| YOUR GOAL |
Write out, from the entries below, exactly the lines that run between the lines holding "OnOk result (node.new" and "OnOk result (0", inclusive, and stop there.

| RECORDED INFORMATION |
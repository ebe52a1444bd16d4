//! A frame comes to its receiver, which takes its records one after another (if_pfsync.c).

ghost use Rattle.std.specs.Prelude.{◌≡◌, ◌<◌, ◌≤◌, ◌+◌, IsTrue, None, Ok, IfOk, IfErr, OnOk, OnErr, length, is_some};
ghost use Rattle.pfl_edits.specs.Maps as maps;
ghost use Rattle.pfl_wire.specs.Reading.{reading};
ghost use Rattle.pfl_node.specs.desk.Edits.{NodeRecorded};
ghost use Rattle.pfl_node.specs.desk.Nodes.{IsRefusal, points_refusal};
ghost use Rattle.pfl_node.specs.Weights.{edits_for};
ghost use Rattle.pfl_world.specs.inner.Delivering as delivering;
ghost use Rattle.pfl_world.specs.inner.Recording.{Recorded};
ghost use Rattle.pfl_world.specs.Events.{IsRefusalOf};
ghost use Rattle.pfl_world.specs.Delivering.{deliver_step, deliver_work, frame_points};
ghost use Rattle.pfl_world.specs.Tickets.{without_ticket};
ghost use Rattle.pfl_world.specs.Values.{HoldsLittle};

use crate::edit::WorldEdit;
use crate::world::World;
use pfl_base::{NodeId, Refusal};
use pfl_edits::Recorder;
use pfl_language::Outcome;
use pfl_node::Node;
use pfl_wire::FrameBytes;
use std::alloc::Allocator;

impl<A: Allocator + Copy> World<A> {
    /// A frame comes to its receiver, which takes its records, or counts it where it cannot be read. Then it has left the link.
    pub(crate) fn deliver<R: Recorder<WorldEdit<A>>>(
        &mut self,
        ticket: u32,
        to: &mut R,
    ) -> Result<Outcome, Refusal>
        ensures refused { IfErr result (IsRefusalOf (deliver_step self.old ticket)) }
        ensures unchanged { OnErr result (self.new ≡ self.old) }
        ensures unrecorded { OnErr result (R.list to.new ≡ R.list to.old) }
        ensures step { IfOk result (λ outcome. deliver_step self.old ticket ≡ Ok (record { world = self.new; outcome = outcome })) }
        ensures recorded { OnOk result (Recorded HoldsLittle self.old self.new (R.list to.old) (R.list to.new)) }
        ensures few { OnOk result (length (R.list to.new) ≤ length (R.list to.old) + edits_for (deliver_work self.old ticket)) }
        ensures room { R.spare to.old + length (R.list to.old) ≤ R.spare to.new + length (R.list to.new) }
    {
        self.known();
        let Some(frame) = self.link.get(ticket) else {
            return Err(Refusal::NoSuchFrame);
        };
        let (receiver, bytes) = (frame.to(), frame.bytes().as_slice());
        // The receiver reads the frame where it lies: it stays on the link until its records are taken.
        let outcome = arrive(self.nodes.at_mut(receiver), bytes, receiver, to)?;
        self.take_off(ticket, to);
        Ok(outcome)
    }

    /// A frame leaves the link, and its edit is recorded, in room that was made.
    fn take_off<R: Recorder<WorldEdit<A>>>(&mut self, ticket: u32, to: &mut R)
        requires there { IsTrue (is_some (maps.get self.old.link.frames ticket)) }
        requires spare { 0 < R.spare to.old }
        ensures world { self.new ≡ without_ticket self.old ticket }
        ensures recorded { Recorded HoldsLittle self.old self.new (R.list to.old) (R.list to.new) }
        ensures one { length (R.list to.new) ≡ length (R.list to.old) + 1 }
        ensures room { R.spare to.new + length (R.list to.new) ≡ R.spare to.old + length (R.list to.old) }
    {
        self.known();
        let Ok(edit) = self.link.take(ticket) else {
            unreachable!();
        };
        to.push(WorldEdit::OfLink(edit));
    }
}

/// A frame comes to a node, which takes its records, or counts it where it cannot be read. What it changed is recorded as edits of the
/// node of the name, and there is room for one edit more.
fn arrive<A: Allocator + Copy, R: Recorder<WorldEdit<A>>>(
    node: &mut Node<A>,
    bytes: &[u8],
    part: NodeId,
    to: &mut R,
) -> Result<Outcome, Refusal>
    requires short { length bytes.now ≤ node.old.limits.mtu }
    ensures refused { IfErr result (IsRefusal (points_refusal (frame_points node.old (reading bytes.now)))) }
    ensures unchanged { OnErr result (node.new ≡ node.old) }
    ensures unrecorded { OnErr result (R.list to.new ≡ R.list to.old) }
    ensures not_refused { OnOk result (points_refusal (frame_points node.old (reading bytes.now)) ≡ None) }
    ensures node { OnOk result (node.new ≡ delivering.arrived node.old (reading bytes.now)) }
    ensures outcome { IfOk result (λ outcome. outcome ≡ delivering.arrival (reading bytes.now)) }
    ensures recorded { OnOk result (NodeRecorded (WorldEdit.OfNode part)
        (delivering.arrival_edits node.old (reading bytes.now)) node.old node.new (R.list to.old) (R.list to.new)) }
    ensures one_more { OnOk result (0 < R.spare to.new) }
    ensures room { R.spare to.old + length (R.list to.old) ≤ R.spare to.new + length (R.list to.new) }
{
    match FrameBytes::read(bytes) {
        Ok(frame) => Ok(Outcome::Taken(node.receive_on(&frame, part, to)?)),
        Err(why) => {
            node.count_broken_on(part, to)?;
            Ok(Outcome::Broken(why))
        }
    }
}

| SOLUTION BELOW |
    ensures node { OnOk result (node.new ≡ delivering.arrived node.old (reading bytes.now)) }
    ensures outcome { IfOk result (λ outcome. outcome ≡ delivering.arrival (reading bytes.now)) }
    ensures recorded { OnOk result (NodeRecorded (WorldEdit.OfNode part)
        (delivering.arrival_edits node.old (reading bytes.now)) node.old node.new (R.list to.old) (R.list to.new)) }
    ensures one_more { OnOk result (0 < R.spare to.new) }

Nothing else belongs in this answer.